#### HOW TO COMPLETE THIS TASK
In the records that follow, show each line where the word "layout" is present.

#### DATA
// The records of a path frame: each as it lies in the bytes, the questions asked of it, and the typed value that it stands for.
#![tactic(auto)]

mod asked;
mod asking;
mod explaining;
mod fault;
mod gap;
pub mod layout;
mod row;
mod sample;

pub use asked::Asked;
pub use asking::Fault;
pub use fault::RecordFault;
pub use gap::{Gap, GapFault, GapWords};
pub use row::{RowFault, RowPlace, RowWords};
pub use sample::{Sample, SampleFault, SampleWords};
pub use torque::Row as TorqueRow;
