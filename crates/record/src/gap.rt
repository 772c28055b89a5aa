// A gap between two neighbouring samples: how much classes and squared speeds may rise and fall over it.
ghost use Rattle.std.specs.Prelude.{◌≡◌, ◌+◌, ◌≤◌, length};
ghost use Rattle.record.specs.Gaps.{gap_words_at, gap_read, words_of_gap, gap_bytes};

use super::layout::{CLASS_TOP, GAP_DOWN, GAP_FALL, GAP_RISE, GAP_SIZE, GAP_UP, GAP_ZERO};
use caps::MOST;
use words::{be16, be32};

#[derive(Clone, Copy, Debug, PartialEq, Eq)]
pub struct Gap {
    // Of classes, over the gap in the path's direction.
    pub rise: u8,
    pub fall: u8,
    // Of squared speeds, in units of 1/65536 m²/s².
    pub up: u32,
    pub down: u32,
}

// A gap as its record lies in the frame.
#[derive(Clone, Copy, Debug, PartialEq, Eq)]
pub struct GapWords {
    pub gap: Gap,
    pub zero: u16,
}

#[derive(Clone, Copy, Debug, PartialEq, Eq)]
pub enum GapFault {
    Rise,
    Fall,
    // The zero bytes are not zero.
    ZeroBytes,
    Up,
    Down,
}

impl GapWords {
    // The record that begins at an offset.
    pub fn at(bytes: &[u8], at: usize) -> GapWords
        requires { at + 12 ≤ length bytes.now }
        ensures { result ≡ gap_words_at bytes.now at }
    {
        GapWords {
            gap: Gap {
                rise: bytes[at + GAP_RISE],
                fall: bytes[at + GAP_FALL],
                up: be32(bytes, at + GAP_UP),
                down: be32(bytes, at + GAP_DOWN),
            },
            zero: be16(bytes, at + GAP_ZERO),
        }
    }

    // The gap, or the first question that says no. No `TryFrom`: it is read as samples and rows are, which ask of their place too.
    pub fn read(self) -> Result<Gap, GapFault>
        ensures { result ≡ gap_read self }
    {
        let gap = self.gap;
        if gap.rise > CLASS_TOP {
            return Err(GapFault::Rise);
        }
        if gap.fall > CLASS_TOP {
            return Err(GapFault::Fall);
        }
        if self.zero != 0 {
            return Err(GapFault::ZeroBytes);
        }
        if gap.up > MOST {
            return Err(GapFault::Up);
        }
        if gap.down > MOST {
            return Err(GapFault::Down);
        }
        Ok(gap)
    }
}

impl Gap {
    // The bytes of the record.
    pub fn bytes(self) -> [u8; GAP_SIZE]
        ensures { result ≡ gap_bytes (words_of_gap self) }
    {
        let [u3, u2, u1, u0] = self.up.to_be_bytes();
        let [d3, d2, d1, d0] = self.down.to_be_bytes();
        [self.rise, self.fall, 0, 0, u3, u2, u1, u0, d3, d2, d1, d0]
    }
}
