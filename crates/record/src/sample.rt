// A sample of a path: what bounds its class and its speed, and how far its speed may lie above the average of its neighbours.
ghost use Rattle.std.specs.Prelude.{◌≡◌, ◌+◌, ◌≤◌, length};
ghost use Rattle.record.specs.declared.sample.SampleFault.TheVariants.{Kind, Clause};
ghost use Rattle.clause.specs.Clauses.{Legal};
ghost use Rattle.record.specs.Samples.{sample_words_at, sample_read, words_of_sample, sample_bytes};

use super::layout::{
    CLASS_TOP, SAMPLE_CLASS_CAP, SAMPLE_CLASS_FLOOR, SAMPLE_FIRST, SAMPLE_KIND, SAMPLE_Q,
    SAMPLE_SECOND, SAMPLE_SIZE, SAMPLE_SPEED_FLOOR, SAMPLE_ZERO,
};
use caps::MOST;
use clause::{CapClause, ClauseFault, ClauseKind, ClauseWords, UnknownKind};
use words::be32;

// A sample as its record lies in the frame.
#[derive(Clone, Copy, Debug, PartialEq, Eq)]
pub struct SampleWords {
    pub clause: ClauseWords,
    pub class_cap: u8,
    pub class_floor: u8,
    pub zero: u8,
    pub speed_floor: u32,
    pub q: u32,
}

#[derive(Clone, Copy, Debug, PartialEq)]
pub struct Sample {
    pub clause: CapClause,
    pub class_cap: u8,
    pub class_floor: u8,
    // In units of 1/65536 m²/s².
    pub speed_floor: u32,
    // The offset of the sample's average, in the same units; 0 at the first sample and the last.
    pub q: i32,
}

#[derive(Clone, Copy, Debug, PartialEq, Eq)]
pub enum SampleFault {
    // The kind is none of 0 to 3.
    Kind,
    // The zero byte is not zero.
    ZeroByte,
    ClassCap,
    ClassFloor,
    // A number does not fit the kind.
    Clause(ClauseFault),
    SpeedFloor,
    // A q at the first or the last sample.
    EndOffset,
}

// Conversions by hand: derived ones do not say which variant they give.
impl From<UnknownKind> for SampleFault {
    ghost from_gives = { λ _ r. r ≡ Kind };

    fn from(_: UnknownKind) -> SampleFault {
        SampleFault::Kind
    }
}

impl From<ClauseFault> for SampleFault {
    ghost from_gives = { λ e r. r ≡ Clause e };

    fn from(fault: ClauseFault) -> SampleFault {
        SampleFault::Clause(fault)
    }
}

impl SampleWords {
    // The record that begins at an offset.
    pub fn at(bytes: &[u8], at: usize) -> SampleWords
        requires { at + 20 ≤ length bytes.now }
        ensures { result ≡ sample_words_at bytes.now at }
    {
        SampleWords {
            clause: ClauseWords {
                kind: bytes[at + SAMPLE_KIND],
                first: be32(bytes, at + SAMPLE_FIRST),
                second: be32(bytes, at + SAMPLE_SECOND),
            },
            class_cap: bytes[at + SAMPLE_CLASS_CAP],
            class_floor: bytes[at + SAMPLE_CLASS_FLOOR],
            zero: bytes[at + SAMPLE_ZERO],
            speed_floor: be32(bytes, at + SAMPLE_SPEED_FLOOR),
            q: be32(bytes, at + SAMPLE_Q),
        }
    }

    // The sample, or the first question that says no; the first and the last sample of a path are at its ends.
    pub fn read(self, at_end: bool) -> Result<Sample, SampleFault>
        ensures { result ≡ sample_read at_end self }
    {
        ClauseKind::try_from(self.clause.kind)?;
        if self.zero != 0 {
            return Err(SampleFault::ZeroByte);
        }
        if self.class_cap > CLASS_TOP {
            return Err(SampleFault::ClassCap);
        }
        if self.class_floor > CLASS_TOP {
            return Err(SampleFault::ClassFloor);
        }
        let clause = CapClause::try_from(self.clause)?;
        if self.speed_floor > MOST {
            return Err(SampleFault::SpeedFloor);
        }
        if at_end && self.q != 0 {
            return Err(SampleFault::EndOffset);
        }
        Ok(Sample {
            clause,
            class_cap: self.class_cap,
            class_floor: self.class_floor,
            speed_floor: self.speed_floor,
            q: self.q.cast_signed(),
        })
    }
}

impl Sample {
    // The bytes of the record.
    pub fn bytes(self) -> [u8; SAMPLE_SIZE]
        requires { Legal self.clause }
        ensures { result ≡ sample_bytes (words_of_sample self) }
    {
        let clause = self.clause.words();
        let [f3, f2, f1, f0] = clause.first.to_be_bytes();
        let [s3, s2, s1, s0] = clause.second.to_be_bytes();
        let [v3, v2, v1, v0] = self.speed_floor.to_be_bytes();
        let [q3, q2, q1, q0] = self.q.cast_unsigned().to_be_bytes();
        [
            clause.kind,
            self.class_cap,
            self.class_floor,
            0,
            f3,
            f2,
            f1,
            f0,
            s3,
            s2,
            s1,
            s0,
            v3,
            v2,
            v1,
            v0,
            q3,
            q2,
            q1,
            q0,
        ]
    }
}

#### OUTPUT BELOW
pub mod layout;
use super::layout::{CLASS_TOP, GAP_DOWN, GAP_FALL, GAP_RISE, GAP_SIZE, GAP_UP, GAP_ZERO};
use super::layout::{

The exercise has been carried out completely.